The PYC activity was assayed as described previously (31) but with modifications. Unless otherwise indicated, the assay temperature was 37°C and the reaction mixture had the following composition: 100 mM Tris-HCl (pH 8), 250 mM KCl, 4 mM MgCl2, 20 mM sodium pyruvate, 20 mM potassium bicarbonate, 4 mM disodium ATP, 0.2 mM disodium NADH, and 2 U of thermophilic malate dehydrogenase from Thermus flavus (Sigma Chemical Co.) per ml. For pH experiments the Tris-HCl buffer was adjusted to the desired pH (6 to 9.5) with HCl. The initial-rate data were analyzed according to the method of Cleland (15).

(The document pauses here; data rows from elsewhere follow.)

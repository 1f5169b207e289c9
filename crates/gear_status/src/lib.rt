//! The job server's answer to `status`: a load, read line by line from any source of bytes.
#![tactic(auto)]

mod error;
mod line;
mod load;
mod reader;
mod status;

pub use byte_io::doubles::Script;
pub use byte_io::{Device, DeviceFault, Given, Sink, SliceSource, Source, Took, VecSink, give_all};
pub use error::StatusError;
pub use load::{Counts, Load};
pub use status::{load_of, read_status, read_status_within};
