impl<'e, H: FarmHost> Watch for Reporting<'e, H> {
    fn now_ms(&self) -> Option<u64> {
        self.host.now_ms()
    }

    fn pause(&self, milliseconds: u32) {
        self.host.rest(milliseconds);
        self.host.note_stage(self.stage(self.host.is_to_end()));
    }

    fn pause_until_woken(&self, milliseconds: u32) -> bool {
        let is_rung = self.host.rest_until_rung(milliseconds);
        self.host.note_stage(self.stage(self.host.is_to_end()));
        is_rung
    }

    fn wake(&self) {
        self.host.ring();
    }

    fn has_to_end(&self) -> bool {
        self.host.is_to_end() || self.outlook() == Outlook::SlotUsed
    }

    /// A worker whose host was not reached dials it again, beside the connection that it keeps: that may look open though its host is gone,
    /// and then the next job would be done in vain. So does a worker that is told that its connection was closed, and one of the workers of
    /// a host that has no job and was not heard of for some attempts, since else each of them could take a job before it learns that the
    /// host is gone. Such a worker goes on if the host's name was not found and no address is known that took a connection: a resolver that
    /// is down ends no worker of a host that is well. If the farm has to end, a worker that would dial just ends. So do all workers but one
    /// of a host that takes connections and serves no job: one by one they would take jobs from others, and give them back.
    fn may_go_on(&self, worker: WorkerName, readiness: Readiness) -> bool {
        let slot = worker.slot;
        let Some(machine) = self.books.farm.machine_of(slot) else {
            return false;
        };
        let does = self
            .books
            .hosts
            .before_job(self.host, machine, worker, readiness);
        match does {
            BeforeJob::Ask => return true,
            BeforeJob::End => return false,
            BeforeJob::Dial | BeforeJob::Look => {}
        }
        if self.host.is_to_end() {
            return false;
        }
        let said = match self.books.farm.host_of(self.alloc, slot) {
            Some(name) => {
                let times = self.books.farm.call_times();
                let mut dials = match does {
                    BeforeJob::Look => self.host.looks(name, times),
                    _ => self.host.dials(name, times),
                };
                said_of_host(does, try_dial(&mut dials))
            }
            // There is no memory for its name.
            None => None,
        };
        if does == BeforeJob::Look {
            self.books.hosts.end_look(self.host, machine);
        }
        if let Some(dialled) = said {
            let _turn = self.books.hosts.turn(self.host);
            let news = self.books.hosts.note_dial(self.host, machine, dialled);
            self.host
                .tell_if(host_line(self.alloc, self.books.farm, machine, news));
        }
        lets_go_on(said)
    }

    /// A job that no service serves would go round all workers, and end each. So a worker that left one which was left before holds it for
    /// a while, and the job server gives it to nobody. Not once the farm has to end. So does a worker that met a job that is too large to
    /// be read, and its slot has another worker meanwhile.
    fn before_hang_up(&self, worker: WorkerName, cause: EndCause) {
        if cause == EndCause::BadPacket {
            let held_ms = hold_unread(self, self.books.unread, self.host.now_ms());
            if let Some(milliseconds) = held_ms {
                self.host.ring();
                self.host.rest(milliseconds);
                self.books.unread.lock(self).give_back();
            }
            return;
        }
        let WorkerName { slot, generation } = worker;
        let farm = self.books.farm;
        let Some(machine) = farm.machine_of(slot) else {
            return;
        };
        let doubt_ms = doubt_of(self.host, &self.books, machine, cause, self.host.now_ms());
        if doubt_ms > 0 {
            // Another worker would leave the job too. If none is served meanwhile the host is left alone.
            self.host.rest(doubt_ms);
            let left = left_before(farm, machine, self.host.now_ms());
            let _turn = self.books.hosts.turn(self.host);
            let news = self.books.hosts.note_unserved(self.host, machine, left);
            self.host
                .tell_if(host_line(self.alloc, farm, machine, news));
        }
        let held_ms = hold_of(self, self.books.unserved, WorkerName { slot, generation });
        if let Some(milliseconds) = held_ms {
            // A host that is left alone by now fails and not the job, and another host may do it.
            if !self.books.hosts.is_left_alone(self.host, machine) {
                self.host.rest(milliseconds.saturating_sub(doubt_ms));
            }
            give_back(self, self.books.unserved, WorkerName { slot, generation });
        }
    }
}
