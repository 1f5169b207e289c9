//! After how long a connection ends whose peer is gone.

ghost use Rattle.std.specs.Prelude.{◌≡◌};
ghost use Rattle.link_options.specs.Limits as spec;

use crate::setting::{OptionRefused, Setting, TcpOption};
use std::net::TcpStream;

/// How a connection on which nothing is under way asks whether its peer is still there. The system refuses a 0 in each of the three, and
/// more than 127 probes.
#[derive(Clone, Copy, Debug, PartialEq, Eq)]
pub struct Keepalive {
    /// After so many seconds in which nothing came from the peer the first probe is sent.
    pub idle_s: u8,
    /// So many seconds pass from one probe to the next.
    pub interval_s: u8,
    /// So many probes are sent, and the connection ends if none of them is answered.
    pub probes: u8,
}

impl Keepalive {
    /// How many milliseconds after its last sign the connection ends, if its peer is gone. Whatever the three are, they are no more than
    /// 65,280,000.
    pub fn gone_after_ms(&self) -> u32
        ensures { result ≡ spec.gone_after_ms self.now }
    {
        let probing_s = self.interval_s as u32 * self.probes as u32;
        (self.idle_s as u32 + probing_s) * 1000
    }
}

/// How a connection finds that its peer is gone: it acknowledges nothing any more, since its machine lost power, or a cable. A read or a
/// write then fails, as if the device had. A peer that acknowledges is not gone, however long it says nothing.
#[derive(Clone, Copy, Debug, PartialEq, Eq)]
pub enum LinkOptions {
    /// By keepalive alone, while nothing that was sent is unacknowledged. Else the system gives up after a number of times that it sent it
    /// again, some 15 minutes. A peer that reads late, and for a long time has no room for what is sent, is never taken for gone.
    Keepalive(Keepalive),
    /// The same, and after the same time (TCP_USER_TIMEOUT) while something that was sent is unacknowledged. That time counts from when it
    /// is sent again, which is mostly within a second. A peer that has no room for what is sent for so long is taken for gone, too.
    KeepaliveAndUserTimeout(Keepalive),
}

impl LinkOptions {
    /// For a link to a job server: 7 seconds. A peer that vanishes while the link is asleep, just before something is sent, is found within
    /// twice that time, and so within 15 seconds.
    pub const JOB_SERVER: LinkOptions = LinkOptions::KeepaliveAndUserTimeout(Keepalive {
        idle_s: 3,
        interval_s: 1,
        probes: 4,
    });

    /// For a connection to a service, which may read a large job late: 13 seconds, by keepalive alone.
    pub const SERVICE: LinkOptions = LinkOptions::Keepalive(Keepalive {
        idle_s: 5,
        interval_s: 2,
        probes: 4,
    });

    /// How it asks whether its peer is still there.
    pub fn keepalive(&self) -> Keepalive
        ensures { result ≡ spec.keepalive_of self.now }
    {
        match self {
            LinkOptions::Keepalive(keepalive) => *keepalive,
            LinkOptions::KeepaliveAndUserTimeout(keepalive) => *keepalive,
        }
    }

    /// After how many milliseconds a peer that acknowledges nothing is found while nothing that was sent is unacknowledged.
    pub fn asleep_ms(&self) -> u32
        ensures { result ≡ spec.asleep_ms self.now }
    {
        self.keepalive().gone_after_ms()
    }

    /// The same while something that was sent is unacknowledged, from when that is sent again. None: as long as the system takes.
    pub fn unacknowledged_ms(&self) -> Option<u32>
        ensures { result ≡ spec.unacknowledged_ms self.now }
    {
        match self {
            LinkOptions::Keepalive(_) => None,
            LinkOptions::KeepaliveAndUserTimeout(keepalive) => Some(keepalive.gone_after_ms()),
        }
    }

    /// The options that it sets, with their values, in this order.
    pub fn settings(&self) -> [Setting; 5]
        ensures { result ≡ spec.settings_of self.now }
    {
        let keepalive = self.keepalive();
        [
            TcpOption::Keepalive.with(1),
            TcpOption::KeepaliveIdle.with(keepalive.idle_s as u32),
            TcpOption::KeepaliveInterval.with(keepalive.interval_s as u32),
            TcpOption::KeepaliveProbes.with(keepalive.probes as u32),
            TcpOption::UserTimeout.with(self.unacknowledged_ms().unwrap_or(0)),
        ]
    }

    /// Sets them on a connection. The error names the first that the system refused: the later ones are not set then.
    pub fn set_on(&self, stream: &TcpStream) -> Result<(), OptionRefused> {
        for setting in &self.settings() {
            setting.set_on(stream)?;
        }
        Ok(())
    }
}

The purified enzyme was absolutely dependent on pyruvate, ATP, Mg2+, and HCO3− for activity. Phosphoenolpyruvate could not replace pyruvate, and GTP or ADP did not substitute for ATP. Acetyl coenzyme A was not required and it (at a 50 μM level) did not enhance or inhibit the activity of the enzyme. Incubation of purified enzyme for 5 min with avidin at a 100 molar excess (with respect to PYC-bound biotin) completely inhibited activity, establishing the typical dependence of PYC activity on protein-bound biotin for this enzyme. No activity was lost if avidin was incubated for 10 min with a 10-fold molar excess of biotin prior to its addition to the enzyme. If an avidin-inactivated enzyme preparation was incubated for 10 min with biotin, 23% of the original enzymatic activity was restored.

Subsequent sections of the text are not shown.